[Start of Attachment]

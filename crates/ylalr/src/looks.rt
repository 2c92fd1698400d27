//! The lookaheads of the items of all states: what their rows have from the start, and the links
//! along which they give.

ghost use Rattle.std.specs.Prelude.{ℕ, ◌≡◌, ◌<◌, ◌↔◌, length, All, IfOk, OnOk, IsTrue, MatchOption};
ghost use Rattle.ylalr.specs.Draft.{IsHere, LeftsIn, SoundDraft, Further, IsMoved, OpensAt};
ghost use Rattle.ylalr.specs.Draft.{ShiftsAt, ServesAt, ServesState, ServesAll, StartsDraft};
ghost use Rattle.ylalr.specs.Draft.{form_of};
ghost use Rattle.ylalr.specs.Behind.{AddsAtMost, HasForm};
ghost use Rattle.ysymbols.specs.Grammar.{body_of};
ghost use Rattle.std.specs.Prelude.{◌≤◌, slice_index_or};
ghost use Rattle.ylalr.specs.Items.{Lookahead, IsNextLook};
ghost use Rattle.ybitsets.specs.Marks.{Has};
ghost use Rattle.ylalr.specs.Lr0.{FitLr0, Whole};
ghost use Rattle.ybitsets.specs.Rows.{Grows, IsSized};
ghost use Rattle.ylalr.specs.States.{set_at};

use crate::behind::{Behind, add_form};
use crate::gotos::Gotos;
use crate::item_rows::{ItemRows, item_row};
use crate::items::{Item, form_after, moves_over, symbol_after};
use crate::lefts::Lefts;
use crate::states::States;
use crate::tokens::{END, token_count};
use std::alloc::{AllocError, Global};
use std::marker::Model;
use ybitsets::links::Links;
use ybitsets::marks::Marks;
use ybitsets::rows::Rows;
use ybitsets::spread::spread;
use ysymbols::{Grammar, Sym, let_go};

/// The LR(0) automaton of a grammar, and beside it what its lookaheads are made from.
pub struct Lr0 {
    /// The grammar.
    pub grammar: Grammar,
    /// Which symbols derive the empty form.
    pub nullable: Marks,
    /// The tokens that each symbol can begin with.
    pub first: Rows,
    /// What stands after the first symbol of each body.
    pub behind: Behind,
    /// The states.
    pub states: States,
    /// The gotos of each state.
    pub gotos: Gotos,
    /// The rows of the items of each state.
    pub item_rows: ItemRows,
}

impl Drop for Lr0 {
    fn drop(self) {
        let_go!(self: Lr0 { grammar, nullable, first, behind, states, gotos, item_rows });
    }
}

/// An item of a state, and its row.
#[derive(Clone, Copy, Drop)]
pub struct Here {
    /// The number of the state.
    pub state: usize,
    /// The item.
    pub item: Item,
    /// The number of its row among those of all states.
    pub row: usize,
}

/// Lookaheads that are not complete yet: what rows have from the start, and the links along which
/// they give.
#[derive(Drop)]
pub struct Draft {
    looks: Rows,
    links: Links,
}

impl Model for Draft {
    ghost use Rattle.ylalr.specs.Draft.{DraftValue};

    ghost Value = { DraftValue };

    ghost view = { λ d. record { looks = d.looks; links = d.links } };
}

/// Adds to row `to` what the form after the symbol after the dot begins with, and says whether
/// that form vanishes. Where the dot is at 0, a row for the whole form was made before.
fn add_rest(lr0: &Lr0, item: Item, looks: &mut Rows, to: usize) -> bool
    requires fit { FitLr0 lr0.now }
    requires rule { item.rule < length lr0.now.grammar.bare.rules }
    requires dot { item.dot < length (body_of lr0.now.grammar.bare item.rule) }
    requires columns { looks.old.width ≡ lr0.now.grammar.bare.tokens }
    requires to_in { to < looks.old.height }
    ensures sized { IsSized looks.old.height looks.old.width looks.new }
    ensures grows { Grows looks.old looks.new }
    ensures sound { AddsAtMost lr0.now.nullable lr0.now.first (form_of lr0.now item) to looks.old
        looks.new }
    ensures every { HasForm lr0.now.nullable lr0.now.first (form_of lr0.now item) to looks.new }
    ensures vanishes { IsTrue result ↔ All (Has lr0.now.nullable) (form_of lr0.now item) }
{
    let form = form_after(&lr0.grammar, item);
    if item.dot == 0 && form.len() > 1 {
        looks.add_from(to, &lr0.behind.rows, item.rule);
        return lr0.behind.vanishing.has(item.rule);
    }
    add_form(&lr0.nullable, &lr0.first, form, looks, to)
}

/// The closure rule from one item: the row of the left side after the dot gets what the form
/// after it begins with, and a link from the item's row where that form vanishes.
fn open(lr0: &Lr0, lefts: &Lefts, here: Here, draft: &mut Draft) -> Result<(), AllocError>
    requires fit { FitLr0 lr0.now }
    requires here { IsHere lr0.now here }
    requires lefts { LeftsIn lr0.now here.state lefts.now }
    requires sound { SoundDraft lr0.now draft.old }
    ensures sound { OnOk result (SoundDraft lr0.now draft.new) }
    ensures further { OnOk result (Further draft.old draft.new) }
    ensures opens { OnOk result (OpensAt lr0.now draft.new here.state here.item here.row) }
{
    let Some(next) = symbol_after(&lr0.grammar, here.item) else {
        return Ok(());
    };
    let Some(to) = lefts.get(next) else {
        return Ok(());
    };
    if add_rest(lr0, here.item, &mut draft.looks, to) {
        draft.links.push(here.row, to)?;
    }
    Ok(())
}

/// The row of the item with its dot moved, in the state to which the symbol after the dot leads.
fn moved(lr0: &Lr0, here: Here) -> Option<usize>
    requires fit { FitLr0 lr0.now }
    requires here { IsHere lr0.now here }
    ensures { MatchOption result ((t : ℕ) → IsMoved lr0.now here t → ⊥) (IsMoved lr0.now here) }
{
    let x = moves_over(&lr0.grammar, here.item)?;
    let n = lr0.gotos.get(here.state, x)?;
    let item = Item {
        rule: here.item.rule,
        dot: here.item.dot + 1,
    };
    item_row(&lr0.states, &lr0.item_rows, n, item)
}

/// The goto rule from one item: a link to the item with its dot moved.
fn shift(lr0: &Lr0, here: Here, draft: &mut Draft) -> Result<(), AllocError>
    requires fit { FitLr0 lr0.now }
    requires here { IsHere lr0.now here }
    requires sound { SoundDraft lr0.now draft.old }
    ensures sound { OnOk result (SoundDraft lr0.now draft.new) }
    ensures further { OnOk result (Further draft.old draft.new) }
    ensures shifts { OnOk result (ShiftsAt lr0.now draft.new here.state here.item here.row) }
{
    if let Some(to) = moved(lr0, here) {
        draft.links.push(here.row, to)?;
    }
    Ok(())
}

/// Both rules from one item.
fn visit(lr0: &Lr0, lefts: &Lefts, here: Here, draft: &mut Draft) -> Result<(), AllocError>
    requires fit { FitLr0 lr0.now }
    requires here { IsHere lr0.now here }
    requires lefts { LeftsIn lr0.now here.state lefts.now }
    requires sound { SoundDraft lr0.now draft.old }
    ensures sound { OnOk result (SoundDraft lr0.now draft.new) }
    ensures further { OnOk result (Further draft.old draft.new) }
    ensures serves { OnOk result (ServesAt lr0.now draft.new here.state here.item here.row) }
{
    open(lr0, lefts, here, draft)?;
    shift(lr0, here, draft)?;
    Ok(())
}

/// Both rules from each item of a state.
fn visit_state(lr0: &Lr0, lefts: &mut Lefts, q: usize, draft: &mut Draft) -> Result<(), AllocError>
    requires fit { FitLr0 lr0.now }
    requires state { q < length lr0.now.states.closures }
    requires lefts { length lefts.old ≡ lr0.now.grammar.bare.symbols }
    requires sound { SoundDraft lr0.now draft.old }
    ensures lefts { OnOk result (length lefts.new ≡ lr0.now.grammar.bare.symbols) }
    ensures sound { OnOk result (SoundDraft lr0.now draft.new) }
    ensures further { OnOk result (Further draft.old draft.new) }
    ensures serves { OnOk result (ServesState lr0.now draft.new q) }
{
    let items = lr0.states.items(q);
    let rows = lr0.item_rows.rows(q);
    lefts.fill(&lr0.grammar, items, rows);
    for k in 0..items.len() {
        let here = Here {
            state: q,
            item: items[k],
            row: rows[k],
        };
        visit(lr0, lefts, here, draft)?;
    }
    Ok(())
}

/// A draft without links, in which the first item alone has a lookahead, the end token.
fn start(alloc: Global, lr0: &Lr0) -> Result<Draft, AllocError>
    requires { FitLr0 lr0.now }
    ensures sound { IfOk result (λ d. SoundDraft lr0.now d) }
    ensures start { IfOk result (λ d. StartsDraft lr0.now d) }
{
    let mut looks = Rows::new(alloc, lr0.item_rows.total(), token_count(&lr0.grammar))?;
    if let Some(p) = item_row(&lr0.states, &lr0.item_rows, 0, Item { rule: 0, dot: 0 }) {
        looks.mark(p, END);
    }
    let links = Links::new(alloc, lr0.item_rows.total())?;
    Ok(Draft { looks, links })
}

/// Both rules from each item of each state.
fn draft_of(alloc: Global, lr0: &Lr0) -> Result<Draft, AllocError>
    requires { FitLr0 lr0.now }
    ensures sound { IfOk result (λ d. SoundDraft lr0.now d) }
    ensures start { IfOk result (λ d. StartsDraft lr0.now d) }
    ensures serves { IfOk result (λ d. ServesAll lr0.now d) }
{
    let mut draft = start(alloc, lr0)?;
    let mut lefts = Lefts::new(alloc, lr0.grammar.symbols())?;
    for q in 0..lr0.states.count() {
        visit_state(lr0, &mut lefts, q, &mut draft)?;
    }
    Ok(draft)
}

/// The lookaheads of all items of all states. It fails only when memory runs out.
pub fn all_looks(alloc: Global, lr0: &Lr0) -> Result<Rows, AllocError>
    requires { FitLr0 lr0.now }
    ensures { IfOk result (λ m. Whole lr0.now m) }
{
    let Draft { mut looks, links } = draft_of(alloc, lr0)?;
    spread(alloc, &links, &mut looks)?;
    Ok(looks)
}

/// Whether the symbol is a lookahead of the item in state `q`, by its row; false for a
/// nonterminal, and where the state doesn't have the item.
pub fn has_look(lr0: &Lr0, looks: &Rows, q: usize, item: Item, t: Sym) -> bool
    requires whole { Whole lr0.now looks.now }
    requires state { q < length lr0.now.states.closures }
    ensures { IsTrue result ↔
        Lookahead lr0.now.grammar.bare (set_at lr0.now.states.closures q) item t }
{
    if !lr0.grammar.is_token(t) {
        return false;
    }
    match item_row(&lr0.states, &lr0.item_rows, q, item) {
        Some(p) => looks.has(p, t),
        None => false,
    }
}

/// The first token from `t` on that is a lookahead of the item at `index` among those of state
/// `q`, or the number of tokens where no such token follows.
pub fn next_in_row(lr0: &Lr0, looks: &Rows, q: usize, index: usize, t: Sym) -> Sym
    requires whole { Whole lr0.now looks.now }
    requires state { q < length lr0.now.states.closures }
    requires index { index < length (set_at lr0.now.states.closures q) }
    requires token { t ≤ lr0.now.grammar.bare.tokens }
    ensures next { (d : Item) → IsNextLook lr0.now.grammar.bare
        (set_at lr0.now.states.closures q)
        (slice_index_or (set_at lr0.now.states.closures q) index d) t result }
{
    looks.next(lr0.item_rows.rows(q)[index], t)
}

[End of Attachment]
[Start of Attachment]

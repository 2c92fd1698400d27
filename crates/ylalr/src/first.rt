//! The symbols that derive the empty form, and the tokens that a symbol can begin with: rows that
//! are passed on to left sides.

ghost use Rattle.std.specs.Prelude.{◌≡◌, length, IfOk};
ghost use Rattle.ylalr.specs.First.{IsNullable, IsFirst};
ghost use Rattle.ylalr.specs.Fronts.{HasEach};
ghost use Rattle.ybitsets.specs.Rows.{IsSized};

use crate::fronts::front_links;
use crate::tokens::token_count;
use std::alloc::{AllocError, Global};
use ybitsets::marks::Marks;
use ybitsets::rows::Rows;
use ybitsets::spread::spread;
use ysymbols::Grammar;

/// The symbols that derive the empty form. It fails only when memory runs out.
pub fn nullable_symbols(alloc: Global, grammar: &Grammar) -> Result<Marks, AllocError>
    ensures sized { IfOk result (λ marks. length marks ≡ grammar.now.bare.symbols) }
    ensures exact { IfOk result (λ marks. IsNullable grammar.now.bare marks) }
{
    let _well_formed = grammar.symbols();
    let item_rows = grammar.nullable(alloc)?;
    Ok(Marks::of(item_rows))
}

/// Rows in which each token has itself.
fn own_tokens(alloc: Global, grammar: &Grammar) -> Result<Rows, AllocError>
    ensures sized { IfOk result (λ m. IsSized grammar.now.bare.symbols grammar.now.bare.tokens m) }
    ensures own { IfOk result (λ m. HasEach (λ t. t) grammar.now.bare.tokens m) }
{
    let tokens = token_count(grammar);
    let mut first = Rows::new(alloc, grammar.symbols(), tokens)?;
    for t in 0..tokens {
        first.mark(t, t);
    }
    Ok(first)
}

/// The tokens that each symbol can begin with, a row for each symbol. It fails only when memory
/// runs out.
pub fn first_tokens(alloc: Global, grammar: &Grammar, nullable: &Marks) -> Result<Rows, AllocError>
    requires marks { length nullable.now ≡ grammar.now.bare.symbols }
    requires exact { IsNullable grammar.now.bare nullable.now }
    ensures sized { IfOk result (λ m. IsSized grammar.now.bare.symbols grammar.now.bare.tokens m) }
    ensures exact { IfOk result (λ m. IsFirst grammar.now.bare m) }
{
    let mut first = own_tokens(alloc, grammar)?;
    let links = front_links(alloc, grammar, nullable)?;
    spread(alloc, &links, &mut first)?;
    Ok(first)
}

[End of Attachment]
[Start of Attachment]

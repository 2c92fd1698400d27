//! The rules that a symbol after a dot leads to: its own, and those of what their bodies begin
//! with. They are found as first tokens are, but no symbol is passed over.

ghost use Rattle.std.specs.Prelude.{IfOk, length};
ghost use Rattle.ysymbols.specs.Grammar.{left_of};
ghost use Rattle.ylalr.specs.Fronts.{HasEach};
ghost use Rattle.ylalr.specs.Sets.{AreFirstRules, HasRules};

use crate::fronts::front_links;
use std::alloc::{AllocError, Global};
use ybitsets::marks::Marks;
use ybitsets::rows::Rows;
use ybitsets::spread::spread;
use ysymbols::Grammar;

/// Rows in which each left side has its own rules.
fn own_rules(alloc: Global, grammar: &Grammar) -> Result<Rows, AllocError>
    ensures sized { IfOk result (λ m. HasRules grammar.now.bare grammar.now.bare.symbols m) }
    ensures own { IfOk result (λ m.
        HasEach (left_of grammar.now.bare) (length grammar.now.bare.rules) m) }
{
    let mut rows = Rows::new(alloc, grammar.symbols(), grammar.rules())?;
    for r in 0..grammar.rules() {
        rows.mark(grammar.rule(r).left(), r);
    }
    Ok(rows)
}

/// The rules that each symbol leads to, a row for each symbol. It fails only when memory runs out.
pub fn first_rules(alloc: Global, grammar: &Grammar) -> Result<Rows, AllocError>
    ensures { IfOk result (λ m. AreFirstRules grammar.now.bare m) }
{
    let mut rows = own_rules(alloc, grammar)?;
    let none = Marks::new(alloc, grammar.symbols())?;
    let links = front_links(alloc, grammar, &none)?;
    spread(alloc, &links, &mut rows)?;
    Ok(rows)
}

[End of Attachment]

◆ The problem ◆
Of all the entries above, output exactly the lines between the one holding "let item_rows = grammar.nullable(alloc)?;" and the one holding "length nullable.now ≡", inclusive.

◆ Answer section ◆
    let item_rows = grammar.nullable(alloc)?;
    Ok(Marks::of(item_rows))
}

/// Rows in which each token has itself.
fn own_tokens(alloc: Global, grammar: &Grammar) -> Result<Rows, AllocError>
    ensures sized { IfOk result (λ m. IsSized grammar.now.bare.symbols grammar.now.bare.tokens m) }
    ensures own { IfOk result (λ m. HasEach (λ t. t) grammar.now.bare.tokens m) }
{
    let tokens = token_count(grammar);
    let mut first = Rows::new(alloc, grammar.symbols(), tokens)?;
    for t in 0..tokens {
        first.mark(t, t);
    }
    Ok(first)
}

/// The tokens that each symbol can begin with, a row for each symbol. It fails only when memory
/// runs out.
pub fn first_tokens(alloc: Global, grammar: &Grammar, nullable: &Marks) -> Result<Rows, AllocError>
    requires marks { length nullable.now ≡ grammar.now.bare.symbols }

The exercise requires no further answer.